In Gullah, there is a word jook or joog, which means disorderly or wicked. This comes from one of these West African languages, either from Bambara dzugu, meaning wicked, or from Wolof dzug, to live wickedly. (As you may guess, these languages are related. Both are members of the Niger-Congo group; Wolof is in effect the national language of Senegal, and is also spoken in Gambia; Bambara is a dialect of Mandekan, the administrative language of the old empire of Mali, now an official language of Mali and an important trade language in the area.)
The Gullah word appeared in the Black English jook house for a disorderly house, often a combination of brothel, gaming parlour and dance hall, perhaps just a shack off the road where you could get a drink of moonshine, sometimes a tavern or roadhouse providing music and the like. This was shortened back to jook and is recorded in this form from the 1930s, though — in the way of such matters — it is almost certainly much older.
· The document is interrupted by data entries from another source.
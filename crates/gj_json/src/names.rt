//! The names and the types that RFC 7946 gives a meaning, and `crs`.

ghost use Rattle.std.specs.Prelude.{◌≡◌};
ghost use Rattle.gj_json.specs.Names.{known_of, word_of};
ghost use Rattle.gj_json.specs.Texts.{name_text};

use std::fmt;

/// The names of members that RFC 7946 gives a meaning (sections 3 to 6), `crs`, to which an earlier form of GeoJSON gave
/// one (section 4), and all others.
#[derive(Clone, Copy, Debug, Default, PartialEq, Eq)]
pub enum Known {
    /// The name `type` (3).
    TypeName,
    /// The name `coordinates` (3.1).
    Coordinates,
    /// The name `geometries` (3.1.8).
    Geometries,
    /// The name `geometry` (3.2).
    Geometry,
    /// The name `properties` (3.2).
    Properties,
    /// The name `features` (3.3).
    Features,
    /// The name `bbox` (5).
    Bbox,
    /// The name `id` (3.2).
    Id,
    /// The name `crs` (4).
    Crs,
    /// Any other name: that of a foreign member (6.1).
    #[default]
    Other,
}

impl Known {
    /// The name as a path shows it: `*` for a foreign one.
    pub fn text(self) -> &'static str
        ensures { result.now ≡ name_text self }
    {
        match self {
            Known::TypeName => "type",
            Known::Coordinates => "coordinates",
            Known::Geometries => "geometries",
            Known::Geometry => "geometry",
            Known::Properties => "properties",
            Known::Features => "features",
            Known::Bbox => "bbox",
            Known::Id => "id",
            Known::Crs => "crs",
            Known::Other => "*",
        }
    }
}

impl fmt::Display for Known {
    ghost use Rattle.std.specs.Prelude.{Some};

    ghost output = { λ name. Some (name_text name) };

    fn fmt<W: fmt::Write>(&self, f: &mut fmt::Formatter<W>) -> fmt::Result {
        f.write_str(self.text())
    }
}

/// The nine types of GeoJSON (RFC 7946, section 1.4), and all other strings.
#[derive(Clone, Copy, Debug, Default, PartialEq, Eq)]
pub enum Word {
    /// `Point` (3.1.2).
    Point,
    /// `MultiPoint` (3.1.3).
    MultiPoint,
    /// `LineString` (3.1.4).
    LineString,
    /// `MultiLineString` (3.1.5).
    MultiLineString,
    /// `Polygon` (3.1.6).
    Polygon,
    /// `MultiPolygon` (3.1.7).
    MultiPolygon,
    /// `GeometryCollection` (3.1.8).
    GeometryCollection,
    /// `Feature` (3.2).
    Feature,
    /// `FeatureCollection` (3.3).
    FeatureCollection,
    /// Any other string, also one that differs in upper and lower case.
    #[default]
    Other,
}

/// Which name these letters are.
#[tactic(auto, unfolding(crate::specs::Names::known_of))]
pub fn name_of(letters: &[u8]) -> Known
    ensures { result ≡ known_of letters.now }
{
    if letters == b"type".as_slice() {
        Known::TypeName
    } else if letters == b"coordinates".as_slice() {
        Known::Coordinates
    } else if letters == b"geometries".as_slice() {
        Known::Geometries
    } else if letters == b"geometry".as_slice() {
        Known::Geometry
    } else if letters == b"properties".as_slice() {
        Known::Properties
    } else if letters == b"features".as_slice() {
        Known::Features
    } else if letters == b"bbox".as_slice() {
        Known::Bbox
    } else if letters == b"id".as_slice() {
        Known::Id
    } else if letters == b"crs".as_slice() {
        Known::Crs
    } else {
        Known::Other
    }
}

/// Which type these letters are.
#[tactic(auto, unfolding(crate::specs::Names::word_of))]
pub fn type_of(letters: &[u8]) -> Word
    ensures { result ≡ word_of letters.now }
{
    if letters == b"Point".as_slice() {
        Word::Point
    } else if letters == b"MultiPoint".as_slice() {
        Word::MultiPoint
    } else if letters == b"LineString".as_slice() {
        Word::LineString
    } else if letters == b"MultiLineString".as_slice() {
        Word::MultiLineString
    } else if letters == b"Polygon".as_slice() {
        Word::Polygon
    } else if letters == b"MultiPolygon".as_slice() {
        Word::MultiPolygon
    } else if letters == b"GeometryCollection".as_slice() {
        Word::GeometryCollection
    } else if letters == b"Feature".as_slice() {
        Word::Feature
    } else if letters == b"FeatureCollection".as_slice() {
        Word::FeatureCollection
    } else {
        Word::Other
    }
}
The device now called a jukebox wasn't by any means new at the time — its precursors date back to the early 1890s under such names as nickel-in-the-slot phonograph, providing music from Edison wax cylinders to four patrons at a time through stethoscope-like tubes. More sophisticated versions provided music in those jooks that didn’t have their own bands. The first appearance of the term jukebox for them was in — of all places — Time magazine, in 1939: “Glenn Miller attributes his crescendo to the ‘juke-box’, which retails recorded music at 5c a shot in bars, restaurants and small roadside dance joints”. It’s gone up in price a bit since, but next time you see one, think of the long linguistic journey implied by its name.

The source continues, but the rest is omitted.